We want to map these data points into a lower dimensional space and keep their "distance"

\[\begin{align*} q_{j|i} &= \frac{\exp(-\|y_i - y_j\|^2_2)}{\sum_{k\ne i}\exp(-\|y_i - y_k\|^2_2)}\\ L &= \sum_{i}\sum_{j}p_{j|i} \log \frac{p_{j|i}}{q_{j|i}} \end{align*} \]

We want to optimize this loss.

这是SNE的经典做法,但是还是有缺点的

  • 要优化很多个loss,你看loss其实是对i和j求了两遍和,相当于每个pair贡献了一个loss

  • 这还是不能解决拥挤问题(crowding problem)

    • 先解释一下拥挤问题是什么:以ppt的那个例子为例,10维空间中,r=2的小球,只占据\(\frac{1}{1024}\) 的体积,但是映射到2维空间中的时候,就占据了\(\frac{1}{4}\) 的体积了。这样远距离的点就全部都堆在一起,分不开了。

为了解决第一个问题,t-SNE的做法是,把所有的距离放一起做运算,捏成一个概率分布,优化一个single概率分布的loss,我们就很会设置了

\[p_{ij} = \frac{p_{i|j}+ p_{j|i}}{2n}\\q_{ij} = \frac{d(i, j)}{\sum_{k\ne l} d(k,l)} \]

这样,\(\sum_{ij} p_{ij} = 1, \sum_{ij} q_{ij} = 1\).

为了解决第二个问题,直观的想法是:

  • 高维中近距离的点,在低维中距离要变得更小
  • 高维中远距离的点,在低维中距离要变得更大

核函数要比高斯更加have tail,于是用了\(\frac{1}{1+x^2}\)

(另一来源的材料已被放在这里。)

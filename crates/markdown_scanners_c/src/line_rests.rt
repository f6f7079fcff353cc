//! What is left of a line, its tabs written out.
ghost use Rattle.std.specs.Prelude.{◌≡◌, ◌≤◌, ◌<◌, ◌+◌, ◌-◌, ◌*◌, length};
ghost use Rattle.markdown_scanners_tree.specs.line.State.{IsLineState, rest_of, unscanned};
ghost use Rattle.markdown_scanners_c.specs.LineRests.{IsWrittenRest};
ghost use Rattle.markdown_scanners_c.specs.LineStarts.{OfState, state_on};
ghost use Rattle.markdown_scanners_c.specs.Status.{bad_state};
ghost use Rattle.markdown_scanners_c.specs.Texts.{IsNoText};

use crate::line_starts::Start;
use crate::status::{BAD_STATE, NONE, OK, TOO_SHORT};
use crate::texts::{Text, no_text};

/// Writes what is left of a line: the pending columns as spaces, then the bytes from the offset on,
/// their tabs before a line ending as spaces. (CommonMark 0.31.2, section 2.2)
#[tactic(auto, using(markdown_scanners_tree::proofs::ForCallers::rest_within))]
#[unsafe(no_mangle)]
pub extern "C" fn mds_line_rest(bytes: &[u8], start: &Start, buffer: &mut [u8]) -> Text
    ensures refused { ¬ IsLineState (state_on bytes.now start.now)
        → IsNoText bad_state result × (buffer.new ≡ buffer.old) }
    ensures taken { OfState bytes.now start.now (λ s. result.taken ≡ length (unscanned s)) }
    ensures rest { OfState bytes.now start.now (λ s.
        IsWrittenRest (rest_of s) buffer.old buffer.new result.status result.length) }
    ensures room { OfState bytes.now start.now (λ s.
        result.length ≤ s.pending + 4 * (length bytes.now - s.offset)) }
{
    let Some(line) = start.on(bytes) else {
        return no_text(BAD_STATE);
    };
    let taken = bytes.len() - start.offset;
    match line.write_rest(buffer) {
        Ok(length) => Text {
            status: OK,
            taken,
            length,
        },
        Err(needed) => Text {
            status: TOO_SHORT,
            taken,
            length: length_returned(needed),
        },
    }
}

// A length as far as a `size_t` goes.
fn length_returned(length: u128) -> usize
    ensures fits { length ≤ usize.MAX → result ≡ length }
    ensures large { usize.MAX < length → result ≡ usize.MAX }
{
    if length > NONE as u128 {
        NONE
    } else {
        length as usize
    }
}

\[q_{ij} = \frac{(1+\|y_i-y_j\|^2_2)^{-1}}{\sum_{k\ne l}(1+\|y_k-y_l\|^2_2)^{-1}} \]

还有一个问题,\(\sigma_i\)该如何确定?

\(\sigma_i\) 是非常重要的,在数据密集的地方,distribution要sharp,方差要小。数据稀疏的地方,distribution要smooth,方差要大。

需要一个预设的超参数perplexity,然后算法找到合适的\(σ_i\)值让条件分布\(P_i\)的困惑度等于用户预定义的困惑度

\[\begin{align*} perp(P_i) &= 2^{H(P_i)}\\ H(P_i) &= -\sum_{j}p_{j|i}\log_{j|i} \end{align*} \]

显然\(σ_i\)和困惑度有着相关关系,直观上就是,困惑度越大,H也就越大,说明distribution就越smooth,说明方差也越大。

因为\(\sigma_i\)和perplexity的关系是单调的,那么我们就可以binary search来确定了。